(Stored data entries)
------------------------------

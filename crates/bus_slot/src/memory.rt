// The memory of a slot in an exchange: its counter, its latch, the bytes that are read.
#![tactic(auto, unfolding(crate::proofs::Open::memory))]

ghost use Rattle.std.specs.Prelude.{◌≡◌, get_or};
ghost use Rattle.rules.specs.Modelled.{address_of};
ghost use Rattle.rules.specs.Memory.{loaded, latching, fetched};

use super::blocks;
use rules::{Address, Phase, Slot};

// A memory write's first byte loads the counter.
pub fn loaded(b: u8, s: Slot) -> Slot
    ensures { result ≡ loaded b s }
{
    Slot {
        phase: Phase::MemoryData,
        counter: b,
        place: b % 16,
        ..s
    }
}

// A data byte goes into the latch at the counter's offset; the counter goes on, wrapping in its page, and the place with it.
pub fn latching(b: u8, s: Slot) -> Slot
    ensures { result ≡ latching b s }
{
    let at = usize::from(s.counter % 16);
    let mut latch = s.latch;
    let mut marks = s.marks;
    latch[at] = b;
    marks[at] = true;
    let counter = s.counter / 16 * 16 + (s.counter % 16 + 1) % 16;
    Slot {
        latch,
        marks,
        counter,
        place: counter % 16,
        ..s
    }
}

// The byte that a memory read drives: the one at the address; 0 where part is shorter than a slot's 512 bytes, or the half is none.
pub fn byte_at(s: Slot, part: &[u8]) -> u8
    ensures { result ≡ get_or part.now (address_of s).0 0 }
{
    let Address(a) = blocks::address_of(s);
    part.get(usize::from(a)).copied().unwrap_or(0)
}

// After a memory read the counter goes on in its half, and the slot reads on if the master acknowledges.
pub fn fetched(more: bool, s: Slot) -> Slot
    ensures { result ≡ fetched more s }
{
    Slot {
        phase: if more { Phase::MemoryRead } else { Phase::Deaf },
        counter: s.counter.wrapping_add(1),
        ..s
    }
}
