// What the capture program writes for a verdict, put at the front of a lent output. The `requires` are about the room in it; the program has it,
// and is proved to.
ghost use Rattle.std.specs.Prelude.{◌≡◌, ◌∷◌, ◌+◌, ◌≤◌, length};
ghost use Rattle.std.proofs.lemmas.List.Edits.{sets};
ghost use Rattle.script_text.specs.Decimal.{decimal};
ghost use Rattle.capture_pieces.specs.Line.{seen_text, difference_line, verdict_line};

use capture_rules::{Seen, Verdict};
use rules::Answer;
use script_text::letters::{put, put_answer, put_decimal, put_line, put_short};

// Kept: beside letters::put_number, whose number is a Refusal's: a captured one has up to three digits and asks for more room (Line.seen_text).
// A captured refusal, put at a place; the place after it. Its number is any byte.
fn put_refused(out: &mut [u8], at: usize, n: u8) -> usize
    requires { at + 4 ≤ length out.old }
    ensures { (result ≡ at + length (0x52 ∷ decimal n)) × (out.new ≡ sets out.old at (0x52 ∷ decimal n)) }
{
    let end = put(out, at, b"R");
    put_decimal(out, end, usize::from(n))
}

// A captured answer, put at a place; the place after it.
#[tactic(auto, unfolding(crate::specs::Line::seen_text))]
fn put_seen(out: &mut [u8], at: usize, s: Seen) -> usize
    requires { at + 4 ≤ length out.old }
    ensures { (result ≡ at + length (seen_text s)) × (out.new ≡ sets out.old at (seen_text s)) }
{
    match s.code {
        0 => put_answer(out, at, Answer::Nothing),
        1 => put_answer(out, at, Answer::Ack),
        2 => put_answer(out, at, Answer::Nack),
        3 => put_answer(out, at, Answer::Data(s.byte)),
        4 => put_refused(out, at, s.byte),
        _ => put(out, at, b"?"),
    }
}

// The line of a record that differs, put at the beginning; the place after it.
fn put_difference(out: &mut [u8], n: usize, model: Answer, seen: Seen) -> usize
    requires { 32 ≤ length out.old }
    ensures { (result ≡ length (difference_line n model seen)) × (out.new ≡ sets out.old 0 (difference_line n model seen))
        × (result ≤ 30) }
{
    let number = put_decimal(out, 0, n);
    let first = put(out, number, b" ");
    let answer = put_answer(out, first, model);
    let second = put(out, answer, b" ");
    let end = put_seen(out, second, seen);
    put(out, end, b"\n")
}

// A verdict's line, put at the beginning; the place after it, which for every verdict that the type can hold is at most 30.
#[tactic(auto, unfolding(crate::specs::Line::verdict_line))]
pub fn put_verdict(out: &mut [u8], v: Verdict) -> usize
    requires { 32 ≤ length out.old }
    ensures { (result ≡ length (verdict_line v)) × (out.new ≡ sets out.old 0 (verdict_line v)) × (result ≤ 30) }
{
    match v {
        Verdict::Accepted => put(out, 0, b"OK\n"),
        Verdict::Differs {
            record,
            model,
            seen,
        } => put_difference(out, record, model, seen),
        Verdict::Short => put_short(out),
        Verdict::Refused(r) => put_line(out, 0, Answer::Refused(r)),
    }
}
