// What reaches every slot and carries nothing, at one slot: start, stop, timeout.
#![tactic(auto, unfolding(crate::proofs::Open::signal))]

ghost use Rattle.std.specs.Prelude.{◌≡◌};
ghost use Rattle.rules.specs.Slot.{stop_in};
ghost use Rattle.bus_slot.specs.Signals.{signalled};

use super::{cycle, leaving, phase};
use rules::{Phase, Slot};

// What a stop begins or drops, by the phase.
fn stop_in(p: Phase, s: Slot) -> Slot
    ensures { result ≡ stop_in p s }
{
    match p {
        Phase::Idle
        | Phase::Control
        | Phase::Deaf
        | Phase::MemoryCounter
        | Phase::MemoryRead
        | Phase::HalfSelected => s,
        Phase::MemoryData => cycle::data_stop(s),
        Phase::CommandAddress | Phase::CommandData => leaving::cancelled(s),
        Phase::CommandStop => cycle::command_stop(s),
        Phase::SensorPointer
        | Phase::SensorHigh
        | Phase::SensorLow
        | Phase::SensorReadHigh
        | Phase::SensorReadLow => leaving::let_go(p, s),
    }
}

// Kept: an enum of three of the acts: `signalled` (docs/TRACE, Signals.signalled) is for these, and given an Act it would have to speak of all eight.
// The events that reach every slot and carry nothing.
#[derive(Clone, Copy)]
pub enum Signal {
    Start,
    Stop,
    Timeout,
}

// A start, stop or timeout; an absent slot is left alone, as by every event.
pub fn signalled(x: Signal, s: Slot) -> Slot
    ensures { result ≡ signalled x s }
{
    if s.is_absent() {
        return s;
    }
    let p = phase::standing(s);
    match x {
        Signal::Start => phase::in_phase(Phase::Control, leaving::let_go(p, s)),
        Signal::Stop => phase::in_phase(Phase::Idle, stop_in(p, s)),
        Signal::Timeout => phase::in_phase(Phase::Idle, leaving::let_go(p, s)),
    }
}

------------------------------

▶ [Exercise description]:
Write out the data exactly as it stands.

▶ [Response box]:
filename crates/bus_slot/src/memory.rt
// The memory of a slot in an exchange: its counter, its latch, the bytes that are read.
#![tactic(auto, unfolding(crate::proofs::Open::memory))]

ghost use Rattle.std.specs.Prelude.{◌≡◌, get_or};
ghost use Rattle.rules.specs.Modelled.{address_of};
ghost use Rattle.rules.specs.Memory.{loaded, latching, fetched};

use super::blocks;
use rules::{Address, Phase, Slot};

// A memory write's first byte loads the counter.
pub fn loaded(b: u8, s: Slot) -> Slot
    ensures { result ≡ loaded b s }
{
    Slot {
        phase: Phase::MemoryData,
        counter: b,
        place: b % 16,
        ..s
    }
}

// A data byte goes into the latch at the counter's offset; the counter goes on, wrapping in its page, and the place with it.
pub fn latching(b: u8, s: Slot) -> Slot
    ensures { result ≡ latching b s }
{
    let at = usize::from(s.counter % 16);
    let mut latch = s.latch;
    let mut marks = s.marks;
    latch[at] = b;
    marks[at] = true;
    let counter = s.counter / 16 * 16 + (s.counter % 16 + 1) % 16;
    Slot {
        latch,
        marks,
        counter,
        place: counter % 16,
        ..s
    }
}

// The byte that a memory read drives: the one at the address; 0 where part is shorter than a slot's 512 bytes, or the half is none.
pub fn byte_at(s: Slot, part: &[u8]) -> u8
    ensures { result ≡ get_or part.now (address_of s).0 0 }
{
    let Address(a) = blocks::address_of(s);
    part.get(usize::from(a)).copied().unwrap_or(0)
}

// After a memory read the counter goes on in its half, and the slot reads on if the master acknowledges.
pub fn fetched(more: bool, s: Slot) -> Slot
    ensures { result ≡ fetched more s }
{
    Slot {
        phase: if more { Phase::MemoryRead } else { Phase::Deaf },
        counter: s.counter.wrapping_add(1),
        ..s
    }
}
// What the capture program writes for a verdict, put at the front of a lent output. The `requires` are about the room in it; the program has it,
// and is proved to.
ghost use Rattle.std.specs.Prelude.{◌≡◌, ◌∷◌, ◌+◌, ◌≤◌, length};
ghost use Rattle.std.proofs.lemmas.List.Edits.{sets};
ghost use Rattle.script_text.specs.Decimal.{decimal};
ghost use Rattle.capture_pieces.specs.Line.{seen_text, difference_line, verdict_line};

use capture_rules::{Seen, Verdict};
use rules::Answer;
use script_text::letters::{put, put_answer, put_decimal, put_line, put_short};

// Kept: beside letters::put_number, whose number is a Refusal's: a captured one has up to three digits and asks for more room (Line.seen_text).
// A captured refusal, put at a place; the place after it. Its number is any byte.
fn put_refused(out: &mut [u8], at: usize, n: u8) -> usize
    requires { at + 4 ≤ length out.old }
    ensures { (result ≡ at + length (0x52 ∷ decimal n)) × (out.new ≡ sets out.old at (0x52 ∷ decimal n)) }
{
    let end = put(out, at, b"R");
    put_decimal(out, end, usize::from(n))
}

// A captured answer, put at a place; the place after it.
#[tactic(auto, unfolding(crate::specs::Line::seen_text))]
fn put_seen(out: &mut [u8], at: usize, s: Seen) -> usize
    requires { at + 4 ≤ length out.old }
    ensures { (result ≡ at + length (seen_text s)) × (out.new ≡ sets out.old at (seen_text s)) }
{
    match s.code {
        0 => put_answer(out, at, Answer::Nothing),
        1 => put_answer(out, at, Answer::Ack),
        2 => put_answer(out, at, Answer::Nack),
        3 => put_answer(out, at, Answer::Data(s.byte)),
        4 => put_refused(out, at, s.byte),
        _ => put(out, at, b"?"),
    }
}

// The line of a record that differs, put at the beginning; the place after it.
fn put_difference(out: &mut [u8], n: usize, model: Answer, seen: Seen) -> usize
    requires { 32 ≤ length out.old }
    ensures { (result ≡ length (difference_line n model seen)) × (out.new ≡ sets out.old 0 (difference_line n model seen))
        × (result ≤ 30) }
{
    let number = put_decimal(out, 0, n);
    let first = put(out, number, b" ");
    let answer = put_answer(out, first, model);
    let second = put(out, answer, b" ");
    let end = put_seen(out, second, seen);
    put(out, end, b"\n")
}

// A verdict's line, put at the beginning; the place after it, which for every verdict that the type can hold is at most 30.
#[tactic(auto, unfolding(crate::specs::Line::verdict_line))]
pub fn put_verdict(out: &mut [u8], v: Verdict) -> usize
    requires { 32 ≤ length out.old }
    ensures { (result ≡ length (verdict_line v)) × (out.new ≡ sets out.old 0 (verdict_line v)) × (result ≤ 30) }
{
    match v {
        Verdict::Accepted => put(out, 0, b"OK\n"),
        Verdict::Differs {
            record,
            model,
            seen,
        } => put_difference(out, record, model, seen),
        Verdict::Short => put_short(out),
        Verdict::Refused(r) => put_line(out, 0, Answer::Refused(r)),
    }
}
// What reaches every slot and carries nothing, at one slot: start, stop, timeout.
#![tactic(auto, unfolding(crate::proofs::Open::signal))]

ghost use Rattle.std.specs.Prelude.{◌≡◌};
ghost use Rattle.rules.specs.Slot.{stop_in};
ghost use Rattle.bus_slot.specs.Signals.{signalled};

use super::{cycle, leaving, phase};
use rules::{Phase, Slot};

// What a stop begins or drops, by the phase.
fn stop_in(p: Phase, s: Slot) -> Slot
    ensures { result ≡ stop_in p s }
{
    match p {
        Phase::Idle
        | Phase::Control
        | Phase::Deaf
        | Phase::MemoryCounter
        | Phase::MemoryRead
        | Phase::HalfSelected => s,
        Phase::MemoryData => cycle::data_stop(s),
        Phase::CommandAddress | Phase::CommandData => leaving::cancelled(s),
        Phase::CommandStop => cycle::command_stop(s),
        Phase::SensorPointer
        | Phase::SensorHigh
        | Phase::SensorLow
        | Phase::SensorReadHigh
        | Phase::SensorReadLow => leaving::let_go(p, s),
    }
}

// Kept: an enum of three of the acts: `signalled` (docs/TRACE, Signals.signalled) is for these, and given an Act it would have to speak of all eight.
// The events that reach every slot and carry nothing.
#[derive(Clone, Copy)]
pub enum Signal {
    Start,
    Stop,
    Timeout,
}

// A start, stop or timeout; an absent slot is left alone, as by every event.
pub fn signalled(x: Signal, s: Slot) -> Slot
    ensures { result ≡ signalled x s }
{
    if s.is_absent() {
        return s;
    }
    let p = phase::standing(s);
    match x {
        Signal::Start => phase::in_phase(Phase::Control, leaving::let_go(p, s)),
        Signal::Stop => phase::in_phase(Phase::Idle, stop_in(p, s)),
        Signal::Timeout => phase::in_phase(Phase::Idle, leaving::let_go(p, s)),
    }
}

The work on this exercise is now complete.